* _Exercise goal_
Lift out each line of the data that holds "impl".
Data supplied Start Marker
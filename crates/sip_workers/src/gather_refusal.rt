//! Why results are not those of some jobs.
ghost use Rattle.std.specs.Prelude.{◌≡◌};
ghost use Rattle.sip_workers.specs.declared.gather_refusal.GatherRefusal.TheVariants as refusals;

use std::alloc::{AllocError, AllocFailed};
use thiserror::Error;

/// Why results are not those of some jobs, in the order of the checks.
#[derive(Clone, Copy, Debug, PartialEq, Eq, Error)]
pub enum GatherRefusal {
    /// A result is of none of the jobs.
    #[error("a result is of none of the jobs")]
    Stranger,
    /// A job has a second result.
    #[error("a job has a second result")]
    Double,
    /// A job has no result.
    #[error("a job has no result")]
    Missing,
    /// Memory was refused.
    #[error("out of memory")]
    Memory,
}

impl From<AllocError> for GatherRefusal {
    ghost from_gives = { λ _ refusal. refusal ≡ refusals.Memory };

    fn from(_: AllocError) -> GatherRefusal {
        GatherRefusal::Memory
    }
}

impl<T: Drop> From<AllocFailed<T>> for GatherRefusal {
    ghost from_gives = { λ _ refusal. refusal ≡ refusals.Memory };

    fn from(_: AllocFailed<T>) -> GatherRefusal {
        GatherRefusal::Memory
    }
}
Data supplied End Marker
* _Task output_
impl From<AllocError> for GatherRefusal {
impl<T: Drop> From<AllocFailed<T>> for GatherRefusal {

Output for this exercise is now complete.